Peter put a copy of the call slip on the table in front of Will Wedge. “Did you rip the back page from a journal at the MHS on September thirtieth of last year?”
“That signature’s a forgery.” Wedge checked his desk calendar. “I was in Los Angeles September thirtieth.”
“So who would forge your name to get a look at something? Your daughter?”
“The late Ridley, more likely, or maybe Keegan’s goons. You said they were sniffing around. And I have to tell you, they frighten me.”
“They frighten me, too,” said Peter.
“Bingo Keegan,” said Wedge, “is a name to conjure with. But someone should tell him that the play is worth exactly zero to anyone but the president and fellows of Harvard University.”

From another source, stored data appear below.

//! Why words of the command line ask for nothing that can be done.

use crate::help::{HELP, SHORT_HELP, VERSION};
use crate::quoted::Quoted;
use std::fmt;

/// Why words ask for nothing, or that they ask for help alone.
#[derive(Clone, Copy, Debug)]
pub enum WordsFault<'a> {
    /// They ask for the help.
    Help,
    /// They ask for the version.
    Version,
    /// A word is not UTF-8.
    NotUtf8,
    /// No file is named.
    NoFile,
    /// More than one file is named.
    TwoFiles(&'a str, &'a str),
    /// This word is no flag.
    NoFlag(&'a str),
    /// This word is one that is planned.
    NotYet(&'a str),
    /// This flag stands twice.
    Twice(&'a str),
    /// This flag has a value.
    WithValue(&'a str),
    /// The word that asks for a log is not the first one.
    JournalNotFirst,
    /// A new file is not checked.
    CheckedNew,
    /// They were refused, and no fault is found.
    Unknown,
}

/// The flags.
static FLAGS: [&str; 4] = ["--new", "--check", "--no-save", "--space"];

/// The word that asks for a log, where it is the first one.
pub const JOURNAL: &str = "--journal";

/// What is planned, as flags: options, and a command of a script that is not there yet.
static PLANNED: [&str; 3] = ["--make", "--tap", "--set-compress"];

/// Whether a word before `--` is a flag or would be one: it begins with `-` and is longer.
fn is_like_flag(word: &str) -> bool {
    word.len() > 1 && word.starts_with('-')
}

/// What of help the words ask for before `--`.
fn asks_help<'a>(words: &'a [String]) -> Option<WordsFault<'a>> {
    for word in words {
        match word.as_str() {
            "--" => return None,
            "--help" | "-h" => return Some(WordsFault::Help),
            "--version" | "-V" => return Some(WordsFault::Version),
            _ => {}
        }
    }
    None
}

/// What is wrong with a word that is like a flag, if it is none.
fn fault_of_flag(word: &str) -> Option<WordsFault<'_>> {
    let name = match word.split_once('=') {
        Some((name, _)) => name,
        None => word,
    };
    if word == JOURNAL {
        Some(WordsFault::JournalNotFirst)
    } else if PLANNED.contains(&name) {
        Some(WordsFault::NotYet(name))
    } else if !FLAGS.contains(&name) {
        Some(WordsFault::NoFlag(word))
    } else if name.len() < word.len() {
        Some(WordsFault::WithValue(name))
    } else {
        None
    }
}

/// Whether a word stands before a place among the words.
fn stands_before(words: &[String], place: usize, word: &str) -> bool {
    words
        .iter()
        .take(place)
        .any(|before| before.as_str() == word)
}

/// The first fault of the flags that stand before `--`.
fn fault_of_flags<'a>(words: &'a [String]) -> Option<WordsFault<'a>> {
    for (place, word) in words.iter().enumerate() {
        let word = word.as_str();
        if word == "--" {
            return None;
        }
        if is_like_flag(word) {
            let fault = fault_of_flag(word);
            if fault.is_some() {
                return fault;
            }
            if stands_before(words, place, word) {
                return Some(WordsFault::Twice(word));
            }
        }
    }
    None
}

/// What is wrong with the files that are named, if anything is.
fn fault_of_files<'a>(words: &'a [String]) -> Option<WordsFault<'a>> {
    let mut is_plain = false;
    let mut found: Option<&'a str> = None;
    for word in words {
        let word = word.as_str();
        if !is_plain && word == "--" {
            is_plain = true;
        } else if is_plain || !is_like_flag(word) {
            if let Some(first) = found {
                return Some(WordsFault::TwoFiles(first, word));
            }
            found = Some(word);
        }
    }
    match found {
        Some(_) => None,
        None => Some(WordsFault::NoFile),
    }
}

/// Why these words ask for nothing. They are such words.
pub fn fault_of_words<'a>(words: &'a [String]) -> WordsFault<'a> {
    if let Some(help) = asks_help(words) {
        return help;
    }
    if let Some(fault) = fault_of_flags(words) {
        return fault;
    }
    if let Some(fault) = fault_of_files(words) {
        return fault;
    }
    let is_checked = words.iter().any(|word| word.as_str() == "--check");
    let is_new = words.iter().any(|word| word.as_str() == "--new");
    if is_checked && is_new {
        WordsFault::CheckedNew
    } else {
        WordsFault::Unknown
    }
}

impl<'a> WordsFault<'a> {
    /// Writes what is wrong.
    fn write_fault<W: fmt::Write>(&self, f: &mut fmt::Formatter<W>) -> fmt::Result {
        match *self {
            WordsFault::Help | WordsFault::Version => Ok(()),
            WordsFault::NotUtf8 => f.write_str(
                "a word is not UTF-8, so no file can be named by it",
            ),
            WordsFault::NoFile => f.write_str("no file is named"),
            WordsFault::TwoFiles(first, second) => {
                write!(
                    f,
                    "two files are named: {}, {}",
                    Quoted(first),
                    Quoted(second)
                )
            }
            WordsFault::NoFlag(word) => write!(f, "{} is no flag", Quoted(word)),
            WordsFault::NotYet(word) => write!(f, "{} is not there yet", Quoted(word)),
            WordsFault::Twice(word) => write!(f, "{} stands twice", Quoted(word)),
            WordsFault::WithValue(word) => write!(f, "{} takes no value", Quoted(word)),
            WordsFault::JournalNotFirst => f.write_str("--journal is to be the first word"),
            WordsFault::CheckedNew => f.write_str("--check does not go with --new"),
            WordsFault::Unknown => f.write_str("these words ask for nothing that can be done"),
        }
    }
}

impl fmt::Display for WordsFault<'_> {
    fn fmt<W: fmt::Write>(&self, f: &mut fmt::Formatter<W>) -> fmt::Result {
        match self {
            WordsFault::Help => f.write_str(HELP),
            WordsFault::Version => f.write_str(VERSION),
            _ => {
                f.write_str("cdfedit: ")?;
                self.write_fault(f)?;
                f.write_str("\n")?;
                f.write_str(SHORT_HELP)
            }
        }
    }
}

“How do you figure that?” asked Peter.
“A priceless Shakespeare manuscript, part of the original John Harvard bequest, survives the Harvard Hall fire and comes onto the market in, say, 2005.” Wedge stood and started pacing behind his desk, as if to take control of the conversation. “Do you really think that all the king’s horses and all the king’s men of Harvard will say, ‘Oh well, finders keepers’? Does the expression ‘Harvard lawyer’ mean anything to you? They’ll claim it’s belonged to them since day one, and they won’t rest till they get it.”

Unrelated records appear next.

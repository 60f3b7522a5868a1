//! Names and words between quotes, as replies show them.

use std::fmt;

/// A text between quotes, in one line: each of its bytes as a letter where it is a visible one or a blank, else by an escape.
#[derive(Clone, Copy, Debug)]
pub struct Quoted<'a>(pub &'a str);

/// The digit of a number below 16.
fn digit_of(number: u8) -> char {
    match number {
        0..=9 => (b'0' + number) as char,
        10..=15 => (b'a' + number - 10) as char,
        _ => '?',
    }
}

/// Writes a byte as a reply shows it.
fn write_byte<W: fmt::Write>(byte: u8, f: &mut fmt::Formatter<W>) -> fmt::Result {
    match byte {
        b'"' => f.write_str("\\\""),
        b'\\' => f.write_str("\\\\"),
        b' '..=b'~' => f.write_char(byte as char),
        _ => {
            f.write_str("\\x")?;
            f.write_char(digit_of(byte / 16))?;
            f.write_char(digit_of(byte % 16))
        }
    }
}

impl fmt::Display for Quoted<'_> {
    fn fmt<W: fmt::Write>(&self, f: &mut fmt::Formatter<W>) -> fmt::Result {
        f.write_str("\"")?;
        for byte in self.0.as_bytes() {
            write_byte(*byte, f)?;
        }
        f.write_str("\"")
    }
}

“But if Keegan finds it, he won’t announce it,” said Fallon. “He’ll sell it to some Midas who’ll be happy just to own it, even if no one else knows about it. There are guys like that all over . . . Japan, London, even out in a fancy private library in Weston.”
“Charles Price is completely legitimate.” Wedge went back around his desk.
“He does business with a bookseller who isn’t,” said Fallon.